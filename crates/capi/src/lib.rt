// The functions that are exported to C: a frame's layout, both ends, a table of cards, a subscriber ledger, and the
// replay from fragments. They take numbers, byte slices and lent words, assume nothing of them, and promise what the
// face promises.
#![tactic(auto)]

pub mod billing_end;
pub mod card_end;
pub mod cards_end;
pub mod frame;
pub mod host_by_value;
pub mod host_end;
pub mod replaying;
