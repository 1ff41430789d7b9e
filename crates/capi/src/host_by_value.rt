// The charging host by value for C: each call unpacks the pair from the lent words, has the face work on it by value,
// and packs it again. Nothing in include/logwhisker.h calls these; tests run them beside the engine in place. Assumes
// of a caller that pointers and lengths are right. It promises what the functions of host_end do.
ghost use Rattle.std.specs.Prelude.{◌≡◌, get_or};
ghost use Rattle.host.specs.Host.{LeavesWords, answer_words, answer_of};
ghost use Rattle.host_words.specs.Words.{pair_of};
ghost use Rattle.logwhisker.specs.Face.{host_opened, received, acknowledgement};
ghost use Rattle.host_answer.specs.Due.{due_number, written_where_due};

use host_words::pack;
use logwhisker::FrameNo;

// Opens a host: 0, or 13 where an ID is 0.
#[unsafe(no_mangle)]
pub extern "C" fn lw_raw_host_open_by_value(words: &mut [u64; 67], own: u16, peer: u16) -> u32
    ensures value { result ≡ (host_opened own peer).refusal.number }
    ensures words_after { pair_of words.new ≡ (host_opened own peer).pair }
{
    let opened = logwhisker::open_host_by_value(own, peer);
    pack::pack(words, opened.pair);
    u32::from(opened.refusal.number)
}

// Receives a frame, and answers the kind of the answer, whose words are written. The pair is packed only where the
// frame is accepted, so that any other answer leaves the words as they were.
#[unsafe(no_mangle)]
pub extern "C" fn lw_raw_host_receive_by_value(
    words: &mut [u64; 67],
    frame: &[u8],
    memory: &mut [u8],
    answer: &mut [u64; 8],
) -> u32
    ensures value { result
        ≡ get_or (answer_words (received words.old frame.now memory.old).answer) 0 0 }
    ensures words_after { pair_of words.new
        ≡ (received words.old frame.now memory.old).pair }
    ensures memory_after { memory.new
        ≡ (received words.old frame.now memory.old).memory }
    ensures answer_after { answer.new
        ≡ answer_words (received words.old frame.now memory.old).answer }
    ensures leaves_words { LeavesWords (received words.old frame.now memory.old).answer
        words.old words.new }
{
    let stepped = logwhisker::receive_by_value(pack::unpack(words), frame, memory);
    let a = stepped.answer;
    // A number, since C is told it.
    let kind = logwhisker::kind_of(a);
    if kind == 1 {
        let pair = stepped.pair;
        pack::pack(words, pair);
    }
    logwhisker::put_answer(answer, a);
    kind
}

// Writes the acknowledgement that an answer calls for and answers 1; where it calls for none nothing is written and the
// answer is 0.
#[unsafe(no_mangle)]
pub extern "C" fn lw_raw_host_acknowledge_by_value(
    words: &[u64; 67],
    answer: &[u64; 8],
    number: u16,
    frame: &mut [u8; 10],
) -> u32
    ensures value { result
        ≡ due_number (acknowledgement words.now
        (answer_of (get_or answer.now 0 0) (get_or answer.now 1 0) (get_or answer.now 7 0))
        number) }
    ensures frame_after { frame.new
        ≡ written_where_due (acknowledgement words.now
        (answer_of (get_or answer.now 0 0) (get_or answer.now 1 0) (get_or answer.now 7 0))
        number)
        frame.old }
{
    let a = host_answer::answer_of(answer[0], answer[1], answer[7]);
    let ack = logwhisker::acknowledge_by_value(pack::unpack(words), a, FrameNo(number));
    logwhisker::put_acknowledgement(frame, ack)
}
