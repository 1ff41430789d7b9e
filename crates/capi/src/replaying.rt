// The replay from fragments for C, behind the functions of include/logwhisker.h: numbers, slices and references to
// arrays only. Assumes of a caller that pointers and lengths are right. It promises what replay_feed does, with what
// is said of a line as a number and words (specs/Replies.antt).
ghost use Rattle.std.specs.Prelude.{◌≡◌, [], ◌∷◌, replicate, Ok};
ghost use Rattle.replay_text.specs.Feeding.{feed as feed_of, close as close_of, LeftIfClosed};
ghost use Rattle.replay_feed.specs.State.{replaying_of, OpensReplay};
ghost use Rattle.capi.specs.Replies.{reply_number, reply_words, totals_unless_refused};

use logwhisker::Answer;

// Opens a replay.
#[unsafe(no_mangle)]
pub extern "C" fn lw_raw_replay_open(
    place: &mut [u64; 9],
    words: &mut [u64; 67],
    memory: &mut [u8; 4096],
)
    ensures memory_after { memory.new ≡ replicate 4096 0 }
    ensures opens_replay { OpensReplay place.new words.new memory.new }
{
    logwhisker::open_replay(place, words, memory);
}

// 1 where a line is answered, whose words are written, and 0 where none is.
fn put_line(answer: &mut [u64; 8], line: Option<Answer>) -> u32
    ensures value { result ≡ reply_number (Ok line) }
    ensures answer_after { answer.new ≡ reply_words (Ok line) answer.old }
{
    match line {
        Some(a) => {
            logwhisker::put_answer(answer, a);
            1
        }
        None => 0,
    }
}

// Feeds a fragment: 1 and the answer of the line that ended, 0 where none did, or 17; and how many bytes were taken.
#[unsafe(no_mangle)]
pub extern "C" fn lw_raw_replay_feed(
    place: &mut [u64; 9],
    words: &mut [u64; 67],
    frame: &mut [u8; 9000],
    memory: &mut [u8; 4096],
    fragment: &[u8],
    taken: &mut usize,
    answer: &mut [u64; 8],
) -> u32
    ensures value { result ≡ reply_number (feed_of
        (replaying_of place.old words.old frame.old memory.old)
        fragment.now).reply }
    ensures memory_after { replaying_of place.new words.new frame.new memory.new
        ≡ (feed_of
        (replaying_of place.old words.old frame.old memory.old)
        fragment.now).state }
    ensures taken_after { taken.new
        ≡ (feed_of
        (replaying_of place.old words.old frame.old memory.old)
        fragment.now).taken }
    ensures answer_after { answer.new
        ≡ reply_words (feed_of
        (replaying_of place.old words.old frame.old memory.old)
        fragment.now).reply answer.old }
    ensures left_if_closed { LeftIfClosed (feed_of
        (replaying_of place.old words.old frame.old memory.old)
        fragment.now).reply
        (place.old ∷ words.old ∷ frame.old ∷ memory.old ∷ [])
        (place.new ∷ words.new ∷ frame.new ∷ memory.new ∷ []) }
{
    match logwhisker::feed_replay(place, words, frame, memory, fragment) {
        Ok(fed) => {
            *taken = fed.taken;
            put_line(answer, fed.answer)
        }
        Err(reason) => {
            *taken = 0;
            reason.number().into()
        }
    }
}

// Closes a replay: 1 and the answer of a last line, 0 where there is none, and the totals; or 17.
#[unsafe(no_mangle)]
pub extern "C" fn lw_raw_replay_close(
    place: &mut [u64; 9],
    words: &mut [u64; 67],
    frame: &[u8; 9000],
    memory: &mut [u8; 4096],
    answer: &mut [u64; 8],
    totals: &mut [u64; 3],
) -> u32
    ensures value { result ≡ reply_number (close_of
        (replaying_of place.old words.old frame.now memory.old)).reply }
    ensures memory_after { replaying_of place.new words.new frame.now memory.new
        ≡ (close_of
        (replaying_of place.old words.old frame.now memory.old)).state }
    ensures answer_after { answer.new
        ≡ reply_words (close_of
        (replaying_of place.old words.old frame.now memory.old)).reply
        answer.old }
    ensures totals_after { totals.new
        ≡ totals_unless_refused (close_of
        (replaying_of place.old words.old frame.now memory.old))
        totals.old }
    ensures left_if_closed { LeftIfClosed (close_of
        (replaying_of place.old words.old frame.now memory.old)).reply
        (place.old ∷ words.old ∷ memory.old ∷ [])
        (place.new ∷ words.new ∷ memory.new ∷ []) }
{
    match logwhisker::close_replay(place, words, frame, memory) {
        Ok(closed) => {
            let t = closed.totals;
            *totals = [t.messages, t.bytes, t.completed];
            put_line(answer, closed.answer)
        }
        Err(reason) => reason.number().into(),
    }
}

------------------------------------------------------------------------

#### [PROBLEM REQUIREMENTS]
The answer must be every line of the listing that holds the word "calls".

#### [ANSWER BELOW]
// and packs it again. Nothing in include/logwhisker.h calls these; tests run them beside the engine in place. Assumes
// Writes the acknowledgement that an answer calls for and answers 1; where it calls for none nothing is written and the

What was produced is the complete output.